Work order:
Report, from the records below, every line where the word "flushed" appears.

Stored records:
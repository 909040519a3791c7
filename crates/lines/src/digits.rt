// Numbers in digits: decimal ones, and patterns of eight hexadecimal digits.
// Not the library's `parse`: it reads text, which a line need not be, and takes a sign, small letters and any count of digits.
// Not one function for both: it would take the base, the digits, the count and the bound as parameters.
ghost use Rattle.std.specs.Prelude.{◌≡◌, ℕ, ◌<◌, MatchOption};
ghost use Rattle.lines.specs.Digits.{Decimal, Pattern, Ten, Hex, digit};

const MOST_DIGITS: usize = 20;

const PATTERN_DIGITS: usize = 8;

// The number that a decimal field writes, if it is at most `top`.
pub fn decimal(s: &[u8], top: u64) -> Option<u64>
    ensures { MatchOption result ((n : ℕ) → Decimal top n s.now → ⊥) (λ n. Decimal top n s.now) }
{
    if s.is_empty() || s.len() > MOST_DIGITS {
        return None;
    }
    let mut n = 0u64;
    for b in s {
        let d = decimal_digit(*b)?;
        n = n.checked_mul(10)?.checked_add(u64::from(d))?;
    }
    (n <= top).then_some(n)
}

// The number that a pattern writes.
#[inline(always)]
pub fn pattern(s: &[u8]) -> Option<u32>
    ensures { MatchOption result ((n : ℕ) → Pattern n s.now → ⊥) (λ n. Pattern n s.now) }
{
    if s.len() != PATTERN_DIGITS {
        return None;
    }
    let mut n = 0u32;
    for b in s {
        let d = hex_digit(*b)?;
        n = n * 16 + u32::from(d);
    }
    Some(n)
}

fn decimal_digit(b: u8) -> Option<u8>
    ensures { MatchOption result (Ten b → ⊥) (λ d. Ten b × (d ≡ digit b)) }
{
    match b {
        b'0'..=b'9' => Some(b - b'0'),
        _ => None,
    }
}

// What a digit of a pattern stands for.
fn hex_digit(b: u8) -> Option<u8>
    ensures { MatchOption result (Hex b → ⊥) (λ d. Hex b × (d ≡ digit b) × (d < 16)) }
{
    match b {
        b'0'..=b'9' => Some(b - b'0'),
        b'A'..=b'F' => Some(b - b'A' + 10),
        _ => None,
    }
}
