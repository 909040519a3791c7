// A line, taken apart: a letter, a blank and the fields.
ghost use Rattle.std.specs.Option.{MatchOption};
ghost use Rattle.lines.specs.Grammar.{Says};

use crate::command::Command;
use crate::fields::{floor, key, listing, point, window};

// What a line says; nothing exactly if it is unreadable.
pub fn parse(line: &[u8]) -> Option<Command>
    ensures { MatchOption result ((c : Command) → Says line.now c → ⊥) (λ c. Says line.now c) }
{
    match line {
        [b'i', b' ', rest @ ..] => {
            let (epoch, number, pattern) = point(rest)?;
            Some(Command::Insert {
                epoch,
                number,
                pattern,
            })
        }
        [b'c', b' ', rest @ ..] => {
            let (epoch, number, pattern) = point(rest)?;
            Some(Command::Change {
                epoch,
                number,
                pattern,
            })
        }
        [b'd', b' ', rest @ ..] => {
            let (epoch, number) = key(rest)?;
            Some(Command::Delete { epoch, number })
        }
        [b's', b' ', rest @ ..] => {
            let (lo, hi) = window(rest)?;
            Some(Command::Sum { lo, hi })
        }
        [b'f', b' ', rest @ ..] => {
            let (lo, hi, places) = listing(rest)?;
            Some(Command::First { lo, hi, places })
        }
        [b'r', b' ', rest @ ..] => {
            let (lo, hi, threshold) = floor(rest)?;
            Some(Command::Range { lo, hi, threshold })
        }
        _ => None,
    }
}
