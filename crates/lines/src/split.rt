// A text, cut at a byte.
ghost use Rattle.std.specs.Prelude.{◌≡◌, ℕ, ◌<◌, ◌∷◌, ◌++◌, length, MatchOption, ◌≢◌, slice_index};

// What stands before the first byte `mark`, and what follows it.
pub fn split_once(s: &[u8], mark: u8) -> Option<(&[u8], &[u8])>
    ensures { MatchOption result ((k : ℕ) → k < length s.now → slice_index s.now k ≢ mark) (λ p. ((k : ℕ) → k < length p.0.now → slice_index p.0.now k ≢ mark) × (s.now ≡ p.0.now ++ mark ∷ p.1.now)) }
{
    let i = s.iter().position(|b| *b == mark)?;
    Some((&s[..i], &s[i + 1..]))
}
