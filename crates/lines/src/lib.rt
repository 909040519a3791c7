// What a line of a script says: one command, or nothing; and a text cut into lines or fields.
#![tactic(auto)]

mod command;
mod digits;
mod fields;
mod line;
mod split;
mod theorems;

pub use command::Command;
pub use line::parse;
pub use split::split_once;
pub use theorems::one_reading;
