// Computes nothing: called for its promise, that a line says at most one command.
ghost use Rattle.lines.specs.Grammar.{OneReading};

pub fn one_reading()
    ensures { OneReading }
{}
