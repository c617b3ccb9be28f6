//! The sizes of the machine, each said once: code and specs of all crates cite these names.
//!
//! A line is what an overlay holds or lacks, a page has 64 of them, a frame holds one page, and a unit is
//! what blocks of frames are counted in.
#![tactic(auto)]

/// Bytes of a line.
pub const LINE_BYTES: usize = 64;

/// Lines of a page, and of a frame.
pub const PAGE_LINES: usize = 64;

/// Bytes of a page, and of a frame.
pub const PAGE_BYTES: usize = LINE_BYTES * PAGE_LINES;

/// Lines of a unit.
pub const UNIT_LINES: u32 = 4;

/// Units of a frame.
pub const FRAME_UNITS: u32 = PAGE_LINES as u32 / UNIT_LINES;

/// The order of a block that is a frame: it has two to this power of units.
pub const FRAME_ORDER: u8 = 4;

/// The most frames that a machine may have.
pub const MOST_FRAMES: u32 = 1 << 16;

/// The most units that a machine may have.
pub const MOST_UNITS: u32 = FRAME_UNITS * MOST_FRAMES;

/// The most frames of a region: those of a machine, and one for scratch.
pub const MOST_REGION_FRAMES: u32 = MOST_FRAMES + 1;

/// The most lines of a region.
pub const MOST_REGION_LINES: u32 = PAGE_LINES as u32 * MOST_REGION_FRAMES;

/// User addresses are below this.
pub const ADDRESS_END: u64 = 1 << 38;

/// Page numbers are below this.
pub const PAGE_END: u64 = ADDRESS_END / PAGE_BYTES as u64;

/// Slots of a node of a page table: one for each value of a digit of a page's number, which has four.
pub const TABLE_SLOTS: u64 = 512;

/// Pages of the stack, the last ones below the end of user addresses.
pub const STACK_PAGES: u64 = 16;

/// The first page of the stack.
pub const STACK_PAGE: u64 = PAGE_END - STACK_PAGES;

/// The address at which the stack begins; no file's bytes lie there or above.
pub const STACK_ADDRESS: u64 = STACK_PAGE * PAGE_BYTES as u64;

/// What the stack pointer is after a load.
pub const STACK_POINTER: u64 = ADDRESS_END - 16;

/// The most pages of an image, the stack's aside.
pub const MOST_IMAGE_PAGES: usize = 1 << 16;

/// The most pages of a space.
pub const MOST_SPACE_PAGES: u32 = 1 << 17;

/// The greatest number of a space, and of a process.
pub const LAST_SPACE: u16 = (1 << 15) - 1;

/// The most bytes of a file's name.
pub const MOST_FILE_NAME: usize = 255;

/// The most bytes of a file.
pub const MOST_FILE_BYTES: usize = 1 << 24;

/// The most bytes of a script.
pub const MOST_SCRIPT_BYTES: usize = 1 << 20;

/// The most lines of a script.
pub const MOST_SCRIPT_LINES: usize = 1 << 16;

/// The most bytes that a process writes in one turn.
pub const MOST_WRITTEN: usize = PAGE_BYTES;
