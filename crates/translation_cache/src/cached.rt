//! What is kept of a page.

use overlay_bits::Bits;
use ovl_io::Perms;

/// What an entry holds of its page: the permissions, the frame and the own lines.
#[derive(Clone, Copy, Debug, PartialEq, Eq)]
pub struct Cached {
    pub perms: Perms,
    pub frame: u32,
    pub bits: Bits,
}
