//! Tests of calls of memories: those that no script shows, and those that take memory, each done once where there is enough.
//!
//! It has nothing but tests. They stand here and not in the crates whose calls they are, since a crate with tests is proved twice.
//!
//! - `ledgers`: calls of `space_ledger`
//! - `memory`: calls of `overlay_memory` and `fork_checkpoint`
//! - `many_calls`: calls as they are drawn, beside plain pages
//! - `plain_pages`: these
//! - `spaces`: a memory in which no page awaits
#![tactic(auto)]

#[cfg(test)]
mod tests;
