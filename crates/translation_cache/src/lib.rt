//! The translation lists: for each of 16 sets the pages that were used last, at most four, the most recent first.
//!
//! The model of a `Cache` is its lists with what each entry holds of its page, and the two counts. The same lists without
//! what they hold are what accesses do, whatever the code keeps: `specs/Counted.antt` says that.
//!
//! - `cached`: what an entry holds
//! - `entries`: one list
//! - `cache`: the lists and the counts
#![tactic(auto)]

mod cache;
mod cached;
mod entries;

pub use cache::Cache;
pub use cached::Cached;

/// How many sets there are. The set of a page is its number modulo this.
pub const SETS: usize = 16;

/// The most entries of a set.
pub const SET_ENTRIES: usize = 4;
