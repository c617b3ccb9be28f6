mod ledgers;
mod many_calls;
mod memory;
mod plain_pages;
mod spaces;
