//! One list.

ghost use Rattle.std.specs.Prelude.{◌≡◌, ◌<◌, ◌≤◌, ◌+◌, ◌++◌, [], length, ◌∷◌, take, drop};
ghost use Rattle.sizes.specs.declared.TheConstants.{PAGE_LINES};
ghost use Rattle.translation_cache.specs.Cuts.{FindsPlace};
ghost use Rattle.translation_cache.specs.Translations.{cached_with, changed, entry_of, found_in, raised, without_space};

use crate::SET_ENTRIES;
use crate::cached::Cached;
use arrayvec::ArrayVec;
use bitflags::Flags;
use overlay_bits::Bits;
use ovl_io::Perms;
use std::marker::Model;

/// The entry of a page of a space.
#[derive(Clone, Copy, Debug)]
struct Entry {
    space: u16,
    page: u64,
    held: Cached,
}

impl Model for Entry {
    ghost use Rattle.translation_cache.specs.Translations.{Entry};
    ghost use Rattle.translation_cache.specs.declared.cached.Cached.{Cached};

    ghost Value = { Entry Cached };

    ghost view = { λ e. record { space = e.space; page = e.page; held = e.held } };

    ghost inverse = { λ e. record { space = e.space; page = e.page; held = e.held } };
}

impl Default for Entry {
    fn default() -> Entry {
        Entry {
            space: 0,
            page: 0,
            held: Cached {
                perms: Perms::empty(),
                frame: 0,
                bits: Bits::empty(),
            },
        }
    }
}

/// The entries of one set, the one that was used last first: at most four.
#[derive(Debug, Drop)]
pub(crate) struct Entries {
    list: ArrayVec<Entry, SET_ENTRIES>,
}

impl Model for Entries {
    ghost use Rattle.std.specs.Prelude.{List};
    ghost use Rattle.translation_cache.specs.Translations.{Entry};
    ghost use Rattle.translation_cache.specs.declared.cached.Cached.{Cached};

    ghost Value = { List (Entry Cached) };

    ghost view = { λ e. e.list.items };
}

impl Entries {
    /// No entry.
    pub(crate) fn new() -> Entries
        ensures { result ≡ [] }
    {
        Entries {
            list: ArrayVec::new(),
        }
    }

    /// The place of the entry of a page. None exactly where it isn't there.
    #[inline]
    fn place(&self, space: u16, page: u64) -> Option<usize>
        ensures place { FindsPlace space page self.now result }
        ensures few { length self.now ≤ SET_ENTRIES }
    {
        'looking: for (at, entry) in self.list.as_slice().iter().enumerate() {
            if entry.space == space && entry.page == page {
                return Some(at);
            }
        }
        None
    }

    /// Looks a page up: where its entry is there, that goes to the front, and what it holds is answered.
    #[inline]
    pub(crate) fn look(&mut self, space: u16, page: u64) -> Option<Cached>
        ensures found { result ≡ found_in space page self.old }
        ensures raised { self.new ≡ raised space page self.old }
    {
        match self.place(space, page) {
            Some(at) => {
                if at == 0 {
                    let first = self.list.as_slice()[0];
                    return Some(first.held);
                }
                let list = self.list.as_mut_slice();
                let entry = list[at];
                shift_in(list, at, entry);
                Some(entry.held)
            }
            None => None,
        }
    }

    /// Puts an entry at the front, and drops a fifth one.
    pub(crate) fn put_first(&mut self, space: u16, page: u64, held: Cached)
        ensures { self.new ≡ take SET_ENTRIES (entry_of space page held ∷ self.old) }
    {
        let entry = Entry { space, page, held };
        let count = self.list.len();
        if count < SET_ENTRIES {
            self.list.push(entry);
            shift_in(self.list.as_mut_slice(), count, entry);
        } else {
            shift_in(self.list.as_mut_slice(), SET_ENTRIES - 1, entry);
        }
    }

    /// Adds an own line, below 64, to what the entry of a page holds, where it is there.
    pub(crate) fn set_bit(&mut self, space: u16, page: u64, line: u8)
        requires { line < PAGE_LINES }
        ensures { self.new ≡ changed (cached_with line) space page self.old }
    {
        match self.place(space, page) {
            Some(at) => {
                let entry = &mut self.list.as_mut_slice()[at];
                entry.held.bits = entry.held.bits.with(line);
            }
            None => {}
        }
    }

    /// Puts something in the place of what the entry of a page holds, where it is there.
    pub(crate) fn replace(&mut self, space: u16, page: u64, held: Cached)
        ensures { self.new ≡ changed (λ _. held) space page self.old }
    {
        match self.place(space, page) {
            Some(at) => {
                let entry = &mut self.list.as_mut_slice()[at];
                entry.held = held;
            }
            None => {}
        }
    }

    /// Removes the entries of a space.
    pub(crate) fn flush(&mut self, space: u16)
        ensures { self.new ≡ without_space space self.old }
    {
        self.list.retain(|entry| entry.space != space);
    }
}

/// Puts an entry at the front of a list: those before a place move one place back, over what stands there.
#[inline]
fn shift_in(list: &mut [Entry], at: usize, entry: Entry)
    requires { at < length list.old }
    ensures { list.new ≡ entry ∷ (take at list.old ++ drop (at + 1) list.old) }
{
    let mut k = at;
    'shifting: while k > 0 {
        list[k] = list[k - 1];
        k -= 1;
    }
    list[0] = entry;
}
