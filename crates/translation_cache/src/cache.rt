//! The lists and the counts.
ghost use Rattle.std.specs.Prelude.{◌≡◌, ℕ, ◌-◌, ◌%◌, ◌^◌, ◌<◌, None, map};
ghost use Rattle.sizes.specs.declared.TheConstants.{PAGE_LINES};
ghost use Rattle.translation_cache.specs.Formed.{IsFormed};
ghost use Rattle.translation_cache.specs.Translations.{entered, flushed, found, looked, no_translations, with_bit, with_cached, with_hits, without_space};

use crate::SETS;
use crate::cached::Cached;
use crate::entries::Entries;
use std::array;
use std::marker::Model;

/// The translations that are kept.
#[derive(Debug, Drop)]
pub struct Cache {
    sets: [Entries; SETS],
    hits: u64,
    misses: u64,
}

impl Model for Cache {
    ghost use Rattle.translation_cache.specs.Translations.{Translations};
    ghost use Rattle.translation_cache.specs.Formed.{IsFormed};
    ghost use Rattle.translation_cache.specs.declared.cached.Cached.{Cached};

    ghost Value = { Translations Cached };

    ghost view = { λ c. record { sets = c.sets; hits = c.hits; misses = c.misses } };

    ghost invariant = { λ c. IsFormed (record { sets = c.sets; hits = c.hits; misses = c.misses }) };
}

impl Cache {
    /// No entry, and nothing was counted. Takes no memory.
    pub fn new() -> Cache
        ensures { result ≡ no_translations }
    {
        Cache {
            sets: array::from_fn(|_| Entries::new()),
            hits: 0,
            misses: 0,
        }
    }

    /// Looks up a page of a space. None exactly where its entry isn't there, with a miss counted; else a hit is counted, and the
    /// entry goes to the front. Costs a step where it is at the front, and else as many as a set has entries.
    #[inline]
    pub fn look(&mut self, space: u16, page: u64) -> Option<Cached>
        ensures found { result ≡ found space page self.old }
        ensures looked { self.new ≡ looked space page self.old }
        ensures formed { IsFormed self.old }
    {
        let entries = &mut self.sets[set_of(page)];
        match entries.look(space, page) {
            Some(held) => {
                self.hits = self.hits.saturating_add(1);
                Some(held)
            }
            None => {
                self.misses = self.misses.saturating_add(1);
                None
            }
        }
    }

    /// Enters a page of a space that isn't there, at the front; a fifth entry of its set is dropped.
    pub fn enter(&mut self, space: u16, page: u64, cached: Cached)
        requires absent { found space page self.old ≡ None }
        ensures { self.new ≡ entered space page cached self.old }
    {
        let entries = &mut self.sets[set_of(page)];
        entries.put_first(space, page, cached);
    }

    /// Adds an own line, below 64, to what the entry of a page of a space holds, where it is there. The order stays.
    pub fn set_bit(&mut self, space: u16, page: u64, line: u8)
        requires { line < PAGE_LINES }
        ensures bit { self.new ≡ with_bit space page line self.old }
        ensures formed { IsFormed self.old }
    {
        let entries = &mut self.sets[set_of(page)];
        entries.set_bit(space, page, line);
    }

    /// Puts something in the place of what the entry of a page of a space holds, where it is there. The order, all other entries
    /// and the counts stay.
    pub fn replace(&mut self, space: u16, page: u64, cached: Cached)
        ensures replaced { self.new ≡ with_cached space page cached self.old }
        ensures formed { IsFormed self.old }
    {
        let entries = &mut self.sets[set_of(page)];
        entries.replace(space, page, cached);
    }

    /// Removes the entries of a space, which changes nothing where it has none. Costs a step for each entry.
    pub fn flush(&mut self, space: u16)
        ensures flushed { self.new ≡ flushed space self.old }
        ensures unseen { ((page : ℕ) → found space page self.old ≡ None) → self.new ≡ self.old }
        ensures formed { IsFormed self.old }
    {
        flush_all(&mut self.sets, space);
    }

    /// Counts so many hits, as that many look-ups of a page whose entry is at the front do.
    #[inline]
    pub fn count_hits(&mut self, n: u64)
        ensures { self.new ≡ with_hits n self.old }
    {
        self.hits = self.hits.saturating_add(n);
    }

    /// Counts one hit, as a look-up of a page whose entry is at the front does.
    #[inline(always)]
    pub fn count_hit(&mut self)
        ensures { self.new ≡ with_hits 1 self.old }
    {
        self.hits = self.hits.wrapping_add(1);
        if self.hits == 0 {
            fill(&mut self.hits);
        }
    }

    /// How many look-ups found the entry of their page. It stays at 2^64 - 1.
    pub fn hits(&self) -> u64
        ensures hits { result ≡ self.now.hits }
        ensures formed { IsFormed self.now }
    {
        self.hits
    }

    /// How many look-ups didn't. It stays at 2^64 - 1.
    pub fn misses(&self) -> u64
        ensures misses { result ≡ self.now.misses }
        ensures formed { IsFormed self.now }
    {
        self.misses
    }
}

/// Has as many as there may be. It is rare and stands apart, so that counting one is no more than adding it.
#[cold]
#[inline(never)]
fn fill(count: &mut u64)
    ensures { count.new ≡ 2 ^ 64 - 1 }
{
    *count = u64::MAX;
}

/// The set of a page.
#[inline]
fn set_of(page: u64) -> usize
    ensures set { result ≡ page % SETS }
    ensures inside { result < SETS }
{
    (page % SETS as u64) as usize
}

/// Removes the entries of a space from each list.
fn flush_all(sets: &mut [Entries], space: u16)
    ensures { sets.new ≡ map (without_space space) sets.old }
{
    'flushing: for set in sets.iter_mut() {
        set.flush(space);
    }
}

Solution to this problem:
ghost use Rattle.translation_cache.specs.Translations.{entered, flushed, found, looked, no_translations, with_bit, with_cached, with_hits, without_space};
        ensures flushed { self.new ≡ flushed space self.old }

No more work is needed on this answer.